To some of those Bolivians who returned him to office three times in elections deemed fair by international observers he was something approaching a national saviour. That impression is strengthened by scenes of supporters, especially the poor, publicly expressing grief in a way that seems far more genuine and spontaneous than some of the choreographed scenes provoked by the death of socialist or communist — or religious — leaders in other parts of the world.
His charisma was such that after leading an abortive coup in 1992 he was pardoned and elected president in 1998. He was re-elected three times and survived a coup led by disgruntled military officers in 2002.

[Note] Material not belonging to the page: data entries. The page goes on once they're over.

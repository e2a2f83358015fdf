// An expression begins behind its unit, with the class that it starts.

ghost use Rattle.std.specs.Prelude.{◌≡◌, ◌≤◌, ◌+◌, IfOk};
ghost use Rattle.je_core.specs.View.{view};
ghost use Rattle.je_java.specs.Meaning.{eval_node};
ghost use Rattle.machine_parts.specs.Ways.{valued, height, gives};
ghost use Rattle.machine_parts.specs.way.Clauses.{RunsAheadFrom};

use crate::initialize::start_class;
use crate::starting::class_to_start;
use je_core::{Expr, Memory, Program};
use je_heap::Heap;
use machine_forms::expr::begin_expr;
use machine_parts::frame::{Context, Control, Then};
use machine_parts::starts::Starts;
use std::rc::Rc;

/// An expression begins, once its unit is taken: the class that it starts, unless that has been started, and then its form.
pub fn begin_node(
    context: &mut Context,
    starts: &mut Starts,
    heap: &mut Heap,
    program: &Program,
    node: Rc<Expr>,
) -> Result<Control, Memory>
    ensures goes { IfOk result (RunsAheadFrom program.now
        context.old heap.old starts.old context.new heap.new starts.new
        (λ p m k. valued (eval_node p m (view node.value)) k)) }
    ensures short { IfOk result (λ c. height context.new + gives c ≤ height context.old + 1) }
    ensures begun { context.new.begun ≡ context.old.begun }
{
    match class_to_start(starts, program, &node.form) {
        Some(class) => start_class(context, starts, heap, program, class, Then::Node(node)),
        None => begin_expr(context, heap, program, node),
    }
}
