// A program that keeps the rules of Joe-E.

ghost use Rattle.je_types.specs.Views.{program_of};
ghost use Rattle.taming_db.specs.View.{rows};
ghost use Rattle.je_verify.specs.Broken.{IsUnbroken};

use je_types::Typed;
use taming_db::Taming;

/// A program that breaks no rule of Joe-E under a taming text, and that text.
#[derive(Drop)]
pub struct Accepted {
    pub(crate) typed: Typed,
    pub(crate) taming: Taming,
    pub ghost unbroken: { IsUnbroken (program_of typed) (rows taming) },
}

impl Accepted {
    ghost use Rattle.std.specs.Prelude.{◌≡◌};
    ghost use Rattle.plain_programs.specs.Plain.{IsPlain};
    ghost use Rattle.je_verify.specs.Views.{typed_of, taming_of};

    /// The program, which is plain.
    pub fn typed(&self) -> &Typed
        ensures program { result.now ≡ typed_of self.now }
        ensures unbroken { IsUnbroken (program_of (typed_of self.now)) (rows (taming_of self.now)) }
        ensures plain { IsPlain (program_of (typed_of self.now)) }
    {
        &self.typed
    }

    /// The taming text.
    pub fn taming(&self) -> &Taming
        ensures { result.now ≡ taming_of self.now }
    {
        &self.taming
    }
}
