// Whether a program keeps the rules of Joe-E.

ghost use Rattle.std.specs.Prelude.{◌≡◌, IfErr, IfOk, OnOk};
ghost use Rattle.je_types.specs.Views.{program_of};
ghost use Rattle.plain_programs.specs.Plain.{IsPlain};
ghost use Rattle.taming_db.specs.View.{rows};
ghost use Rattle.rule_breaks.specs.Breaks.{IsListOf};
ghost use Rattle.je_verify.specs.Broken.{broken as the_broken, IsRefused, IsUnbroken};
ghost use Rattle.je_verify.specs.Views.{typed_of, taming_of};

use crate::accepted::Accepted;
use crate::fault::VerifyFault;
use je_core::Memory;
use je_types::Typed;
use rule_breaks::{Break, merged};
use std::alloc::Global;
use taming_db::Taming;

/// A program that keeps the rules under a taming text. It is plain.
///
/// # Errors
///
/// `Refused` exactly where a rule is broken, with all breaks, and `Memory` for want of memory; the program and the text come back.
#[tactic(auto, using(crate::proofs::Unbroken::verdicts))]
pub fn verify(
    alloc: Global,
    typed: Typed,
    taming: Taming,
) -> Result<Accepted, (VerifyFault, Typed, Taming)>
    ensures program { IfOk result (λ a. typed_of a ≡ typed) }
    ensures text { IfOk result (λ a. taming_of a ≡ taming) }
    ensures accepted { OnOk result (IsUnbroken (program_of typed) (rows taming)) }
    ensures plain { OnOk result (IsPlain (program_of typed)) }
    ensures refused { IfErr result (λ e. IsRefused (program_of typed) (rows taming) e.0) }
    ensures program_back { IfErr result (λ e. e.1 ≡ typed) }
    ensures text_back { IfErr result (λ e. e.2 ≡ taming) }
{
    match broken(alloc, &typed, &taming) {
        Err(Memory) => Err((VerifyFault::Memory, typed, taming)),
        Ok(list) => {
            if list.is_empty() {
                Ok(Accepted { typed, taming })
            } else {
                Err((VerifyFault::Refused(list), typed, taming))
            }
        }
    }
}

// Where a program breaks any of the rules.
#[tactic(auto, unfolding(crate::specs::Broken::broken))]
fn broken(alloc: Global, typed: &Typed, taming: &Taming) -> Result<Vec<Break>, Memory>
    ensures { IfOk result (λ list. IsListOf
        (the_broken (program_of typed.now) (rows taming.now)) list.items) }
{
    let statics = static_rules::broken(alloc, typed, taming)?;
    let fields = field_rules::broken(alloc, typed, taming)?;
    let selfless = selfless_rules::broken(alloc, typed, taming)?;
    let inner = inner_capture::broken(alloc, typed, taming)?;
    let escapes = ctor_escape::broken(alloc, typed, taming)?;
    let uses = use_rules::broken(alloc, typed, taming)?;
    merged(
        statics,
        merged(
            fields,
            merged(selfless, merged(inner, merged(escapes, uses)?)?)?,
        )?,
    )
}
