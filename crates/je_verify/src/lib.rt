//! The verifier: whether a program keeps the sixteen rules of Joe-E.
//!
//! `verify` accepts a program that fits exactly where no rule is broken (`IsUnbroken` of `specs/Broken.antt`), and else lists all places
//! where one is, in order and each once. Both arguments come back. What is accepted is plain (`IsPlain` of `plain_programs`).
#![tactic(auto)]

mod accepted;
mod fault;
mod judging;

pub use accepted::Accepted;
pub use fault::VerifyFault;
pub use judging::verify;
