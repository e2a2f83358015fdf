// Which class a node starts, and the classes that start with one.

ghost use Rattle.std.specs.Prelude.{◌≡◌, ◌<◌, IfOk, IfSome, length};
ghost use Rattle.je_core.specs.Core.{form_of};
ghost use Rattle.je_core.specs.View.{form_view, program_view, view};
ghost use Rattle.je_classes.specs.Hierarchy.{class_at};
ghost use Rattle.je_java.specs.Classes.{method_at};
ghost use Rattle.je_java.specs.Constructors.{initializers_in};
ghost use Rattle.je_java.specs.Meaning.{of_field as the_of_field, of_place as the_of_place, of_method as the_of_method, started_by as the_started_by};
ghost use Rattle.machine_starts.specs.way.Starting.{unless_started, LoadsNext, Marks, NextClass};

use class_members::field_at;
use je_classes::class_count;
use je_core::{ClassId, Expr, Form, Memory, Program};
use machine_parts::class::{initializers, method, next_initializer, superclass};
use machine_parts::frame::ClassesLeft;
use machine_parts::starts::{Path, Starts};
use std::alloc::Global;
use std::rc::Rc;

// The class of a static field, unless it is a constant one.
fn of_field(program: &Program, class: ClassId, field: u32) -> Option<ClassId>
    ensures { result ≡ the_of_field (program_view program.now) class field }
{
    match field_at(program, class, field as usize) {
        None => None,
        Some(found) => {
            if found.constant.is_none() {
                Some(class)
            } else {
                None
            }
        }
    }
}

// That of a place that is assigned to.
fn of_place(program: &Program, place: &Form) -> Option<ClassId>
    ensures { result ≡ the_of_place (program_view program.now) (form_view place.now) }
{
    match place {
        Form::Static { class, field, .. } => of_field(program, *class, *field),
        _ => None,
    }
}

// That of a place that is a node.
#[tactic(auto, using(je_core::proofs::Views::form_of_view))]
fn of_place_node(program: &Program, place: &Rc<Expr>) -> Option<ClassId>
    ensures { result ≡
        the_of_place (program_view program.now) (form_of (view place.now.value)) }
{
    of_place(program, &place.form)
}

// That of a static method.
fn of_method(program: &Program, class: ClassId, at: u32) -> Option<ClassId>
    ensures { result ≡ the_of_method class (method_at (program_view program.now) class at) }
{
    match method(program, class, at) {
        None => None,
        Some(found) => {
            if found.flags.is_static {
                Some(class)
            } else {
                None
            }
        }
    }
}

// The class that a node starts.
fn started_by(program: &Program, form: &Form) -> Option<ClassId>
    ensures { result ≡ the_started_by (program_view program.now) (form_view form.now) }
{
    match form {
        Form::Static { class, field, .. } => of_field(program, *class, *field),
        Form::Assign { place, .. } => of_place_node(program, place),
        Form::Update { place, .. } => of_place_node(program, place),
        Form::CallExact { class, method, .. } => of_method(program, *class, *method),
        Form::New { class, .. } => Some(*class),
        _ => None,
    }
}

/// The class that a node starts, unless it has been started.
pub fn class_to_start(starts: &Starts, program: &Program, form: &Form) -> Option<ClassId>
    ensures { result ≡ unless_started starts.now
        (the_started_by (program_view program.now) (form_view form.now)) }
{
    match started_by(program, form) {
        None => None,
        Some(class) => {
            if starts.is_started(class) {
                None
            } else {
                Some(class)
            }
        }
    }
}

/// The classes that start with a class, of those above it and it, each before the one below it. They count as started.
pub fn mark(
    alloc: Global,
    starts: &mut Starts,
    program: &Program,
    class: ClassId,
) -> Result<Path, Memory>
    ensures { IfOk result (Marks (program_view program.now) class starts.old starts.new) }
{
    let mut path = Path::new(alloc);
    let mut above = Some(class);
    let mut left = class_count(program);
    while left > 0 {
        let Some(at) = above else {
            return Ok(path);
        };
        if starts.is_started(at) {
            return Ok(path);
        }
        starts.put_started(at);
        path.push(at)?;
        above = superclass(program, at);
        left -= 1;
    }
    Ok(path)
}

/// The first class on a path that has an initializer of its own, and the place of that; the others before it go.
pub fn next_class(program: &Program, path: &mut Path) -> Option<(ClassId, usize)>
    ensures goes { NextClass (program_view program.now) path.old path.new result }
    ensures within { IfSome result (λ found. found.1 <
        length (initializers_in (class_at (program_view program.now) found.0))) }
{
    while let Some(class) = path.pop() {
        if let Some(place) = next_initializer(initializers(program, class), true, 0) {
            return Some((class, place));
        }
    }
    None
}

/// In a load, the next class with an initializer of its own: the place of that, the classes whose initializers run behind
/// its own, and those that are left to start.
#[derive(Drop)]
pub struct NextLoad {
    pub class: ClassId,
    pub place: usize,
    pub path: Path,
    pub left: ClassesLeft,
}

/// The classes up to the next one with an initializer of its own count as started; none where there is no such class.
pub fn next_to_load(
    alloc: Global,
    starts: &mut Starts,
    program: &Program,
    left: ClassesLeft,
) -> Result<Option<NextLoad>, Memory>
    ensures goes { IfOk result (LoadsNext (program_view program.now) left
        starts.old starts.new) }
    ensures within { IfOk result (λ next. IfSome next (λ found. found.place <
        length (initializers_in (class_at (program_view program.now) found.class)))) }
{
    let mut next = left.next;
    let mut count = left.count;
    while count > 0 {
        let mut path = mark(alloc, starts, program, ClassId(next))?;
        next += 1;
        count -= 1;
        if let Some(found) = next_class(program, &mut path) {
            return Ok(Some(NextLoad {
                class: found.0,
                place: found.1,
                path,
                left: ClassesLeft { next, count },
            }));
        }
    }
    Ok(None)
}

Despite this he was regarded by some of his opponents as an unfortunately typical Latin American strongman with sub-Stalinist tendencies who ruled through force of personality and played light and fast with the principles of democracy. His trenchant opposition to the United Sates and that country’s role in the region meant his opponents had a staunch and powerful ally more than willing to use its influence in the internal affairs of any country offering a toehold to a left-wing leadership.
A few things can be said with certainty about Hugo Chavez though.
It is almost unimaginable that European politics could throw up such a leader today, one who built his power base by persistently declaring his intention to end inequity and poverty. Despite his idiosyncrasies, including hosting day-long, haranguing television talk shows, he poured oil revenues into social programmes ranging from state-run food markets to free adult education schemes. Official statistics showed poverty rates declined from 50% at the beginning of his term in 1999 to 32% in the second half of 2011. Though many of these programmes no longer function he managed to convince a majority of his compatriots that his campaigns against poverty and inequity were core beliefs rather than a convenient way to win mass support.
Another thing that can be said about Chavez and his political career is this — and you don’t have to admire him, agree with him or support his policies to acknowledge this — is that any leader who can convince people that he is sincere about ending social equity and poverty will generate a huge and loyal following. Despite all of our cynicism and our almost self-destructive celebration of materialism the idea of justice, especially social justice, remains a hugely powerful motivating force in the psyche of the great majority of humanity. This is true despite our inability to achieve it and that failure remains one of the great mysteries of humanity.